*** Opening INPUT FOR THIS TASK ***

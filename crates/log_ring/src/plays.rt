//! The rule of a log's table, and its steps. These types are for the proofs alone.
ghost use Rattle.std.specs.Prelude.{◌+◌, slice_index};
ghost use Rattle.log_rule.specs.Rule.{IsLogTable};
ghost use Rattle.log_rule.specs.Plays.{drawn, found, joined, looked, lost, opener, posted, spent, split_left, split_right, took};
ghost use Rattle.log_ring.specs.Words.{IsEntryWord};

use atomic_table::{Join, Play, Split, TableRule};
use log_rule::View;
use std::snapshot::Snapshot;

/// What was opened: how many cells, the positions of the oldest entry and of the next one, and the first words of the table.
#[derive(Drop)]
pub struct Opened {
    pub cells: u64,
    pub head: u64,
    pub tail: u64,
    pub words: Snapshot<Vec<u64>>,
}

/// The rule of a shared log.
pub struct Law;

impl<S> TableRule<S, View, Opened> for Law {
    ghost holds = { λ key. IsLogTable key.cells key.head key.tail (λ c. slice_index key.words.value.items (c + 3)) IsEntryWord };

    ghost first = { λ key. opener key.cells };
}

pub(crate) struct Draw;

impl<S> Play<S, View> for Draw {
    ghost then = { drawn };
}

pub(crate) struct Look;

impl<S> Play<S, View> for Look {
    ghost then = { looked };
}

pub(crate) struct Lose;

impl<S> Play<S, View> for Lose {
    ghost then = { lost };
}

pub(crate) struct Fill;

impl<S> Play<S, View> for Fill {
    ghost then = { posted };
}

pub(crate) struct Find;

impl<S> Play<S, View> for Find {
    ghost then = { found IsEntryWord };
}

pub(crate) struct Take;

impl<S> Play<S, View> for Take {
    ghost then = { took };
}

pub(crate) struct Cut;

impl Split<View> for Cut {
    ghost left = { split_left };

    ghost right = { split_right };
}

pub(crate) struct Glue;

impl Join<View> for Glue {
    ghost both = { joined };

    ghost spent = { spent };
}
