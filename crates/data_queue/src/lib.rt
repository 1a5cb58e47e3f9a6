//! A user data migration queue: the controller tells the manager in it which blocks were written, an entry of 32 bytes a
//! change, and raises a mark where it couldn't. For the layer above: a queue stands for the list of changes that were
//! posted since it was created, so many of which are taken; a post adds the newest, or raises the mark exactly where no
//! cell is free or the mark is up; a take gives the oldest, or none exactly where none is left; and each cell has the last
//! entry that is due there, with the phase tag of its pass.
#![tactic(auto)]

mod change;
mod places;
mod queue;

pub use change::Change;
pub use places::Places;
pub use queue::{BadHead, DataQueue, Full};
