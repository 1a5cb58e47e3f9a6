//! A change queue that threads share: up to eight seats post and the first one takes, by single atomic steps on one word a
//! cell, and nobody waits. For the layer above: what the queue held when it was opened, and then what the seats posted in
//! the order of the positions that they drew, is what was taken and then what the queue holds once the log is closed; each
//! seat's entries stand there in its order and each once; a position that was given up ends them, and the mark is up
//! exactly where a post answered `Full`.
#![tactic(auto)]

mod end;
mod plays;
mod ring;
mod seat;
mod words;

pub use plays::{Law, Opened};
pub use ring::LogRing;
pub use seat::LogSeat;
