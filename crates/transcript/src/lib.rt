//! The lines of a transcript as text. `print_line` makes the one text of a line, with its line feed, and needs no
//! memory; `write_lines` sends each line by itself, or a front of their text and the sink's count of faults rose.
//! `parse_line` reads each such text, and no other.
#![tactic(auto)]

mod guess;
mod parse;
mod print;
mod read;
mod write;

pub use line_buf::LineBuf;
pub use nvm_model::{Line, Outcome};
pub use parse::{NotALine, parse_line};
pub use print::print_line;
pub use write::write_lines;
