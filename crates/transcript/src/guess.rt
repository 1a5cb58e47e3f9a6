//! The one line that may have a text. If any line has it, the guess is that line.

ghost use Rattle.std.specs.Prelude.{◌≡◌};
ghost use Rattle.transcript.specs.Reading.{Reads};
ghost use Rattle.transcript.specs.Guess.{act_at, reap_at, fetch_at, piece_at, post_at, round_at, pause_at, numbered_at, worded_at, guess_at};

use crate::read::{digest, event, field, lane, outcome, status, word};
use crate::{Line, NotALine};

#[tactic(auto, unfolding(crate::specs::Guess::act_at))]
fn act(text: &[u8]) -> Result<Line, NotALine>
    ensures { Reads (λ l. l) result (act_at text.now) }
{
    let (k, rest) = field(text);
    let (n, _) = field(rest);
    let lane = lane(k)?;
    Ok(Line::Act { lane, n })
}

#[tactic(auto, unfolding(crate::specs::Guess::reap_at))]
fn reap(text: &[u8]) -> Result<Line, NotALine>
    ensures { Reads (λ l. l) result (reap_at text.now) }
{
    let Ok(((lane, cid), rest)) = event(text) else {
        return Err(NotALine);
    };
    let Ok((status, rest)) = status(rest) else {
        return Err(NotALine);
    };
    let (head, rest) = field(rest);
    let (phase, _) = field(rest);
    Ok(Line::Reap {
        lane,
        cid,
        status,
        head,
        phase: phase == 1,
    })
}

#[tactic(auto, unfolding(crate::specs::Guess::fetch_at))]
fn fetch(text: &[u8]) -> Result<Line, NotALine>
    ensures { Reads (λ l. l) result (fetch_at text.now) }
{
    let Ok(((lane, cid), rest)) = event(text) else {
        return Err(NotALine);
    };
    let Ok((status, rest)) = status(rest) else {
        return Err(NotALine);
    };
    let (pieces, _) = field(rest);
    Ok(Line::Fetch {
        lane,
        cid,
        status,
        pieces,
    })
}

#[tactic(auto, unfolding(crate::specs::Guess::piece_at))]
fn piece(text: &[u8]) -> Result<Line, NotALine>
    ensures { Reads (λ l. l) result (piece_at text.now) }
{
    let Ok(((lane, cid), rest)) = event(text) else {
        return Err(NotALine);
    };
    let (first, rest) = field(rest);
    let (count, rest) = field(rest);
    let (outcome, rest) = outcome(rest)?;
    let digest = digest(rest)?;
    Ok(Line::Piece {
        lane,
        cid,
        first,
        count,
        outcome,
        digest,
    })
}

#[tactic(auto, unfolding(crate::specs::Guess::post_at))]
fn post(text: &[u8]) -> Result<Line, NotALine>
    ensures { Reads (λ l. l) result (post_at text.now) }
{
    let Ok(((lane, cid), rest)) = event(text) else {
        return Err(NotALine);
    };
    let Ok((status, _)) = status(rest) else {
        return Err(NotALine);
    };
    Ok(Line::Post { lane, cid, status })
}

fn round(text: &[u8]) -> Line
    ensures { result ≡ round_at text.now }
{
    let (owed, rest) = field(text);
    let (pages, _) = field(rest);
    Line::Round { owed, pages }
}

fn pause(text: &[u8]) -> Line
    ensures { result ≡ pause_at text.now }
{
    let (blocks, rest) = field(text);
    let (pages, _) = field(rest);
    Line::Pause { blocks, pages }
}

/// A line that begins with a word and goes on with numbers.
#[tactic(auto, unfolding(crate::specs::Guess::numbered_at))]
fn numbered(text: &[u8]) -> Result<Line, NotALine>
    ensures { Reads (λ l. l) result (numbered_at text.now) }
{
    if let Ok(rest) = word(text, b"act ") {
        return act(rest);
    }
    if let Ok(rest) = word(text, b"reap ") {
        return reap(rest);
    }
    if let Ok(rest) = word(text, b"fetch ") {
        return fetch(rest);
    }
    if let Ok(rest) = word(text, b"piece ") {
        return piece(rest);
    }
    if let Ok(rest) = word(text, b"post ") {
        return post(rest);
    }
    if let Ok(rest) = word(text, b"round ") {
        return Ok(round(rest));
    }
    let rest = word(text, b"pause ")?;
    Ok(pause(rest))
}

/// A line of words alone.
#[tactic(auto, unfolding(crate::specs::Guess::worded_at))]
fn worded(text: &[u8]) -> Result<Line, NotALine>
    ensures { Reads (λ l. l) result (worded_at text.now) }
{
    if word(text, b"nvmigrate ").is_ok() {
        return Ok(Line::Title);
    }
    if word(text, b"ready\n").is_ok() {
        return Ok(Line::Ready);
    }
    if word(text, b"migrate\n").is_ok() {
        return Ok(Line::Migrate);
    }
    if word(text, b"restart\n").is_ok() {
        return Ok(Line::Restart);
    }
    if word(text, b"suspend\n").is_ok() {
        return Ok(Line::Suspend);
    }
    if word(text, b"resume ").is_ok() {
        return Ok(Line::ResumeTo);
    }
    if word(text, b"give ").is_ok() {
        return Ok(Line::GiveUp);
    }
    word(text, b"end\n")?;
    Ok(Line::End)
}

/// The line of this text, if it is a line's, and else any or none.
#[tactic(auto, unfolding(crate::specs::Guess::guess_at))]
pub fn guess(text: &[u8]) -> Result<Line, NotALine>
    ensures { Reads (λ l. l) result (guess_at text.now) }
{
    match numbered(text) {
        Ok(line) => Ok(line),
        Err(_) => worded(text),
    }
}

*** Closing INPUT FOR THIS TASK ***

TASK INSTRUCTIONS ▸
Look above for the line with "of the table."; retype exactly that line, every line after it up to the line with "λ key. IsLogTable", and that line too, nothing else.

ANSWER SPACE ▸
/// What was opened: how many cells, the positions of the oldest entry and of the next one, and the first words of the table.
#[derive(Drop)]
pub struct Opened {
    pub cells: u64,
    pub head: u64,
    pub tail: u64,
    pub words: Snapshot<Vec<u64>>,
}

/// The rule of a shared log.
pub struct Law;

impl<S> TableRule<S, View, Opened> for Law {
    ghost holds = { λ key. IsLogTable key.cells key.head key.tail (λ c. slice_index key.words.value.items (c + 3)) IsEntryWord };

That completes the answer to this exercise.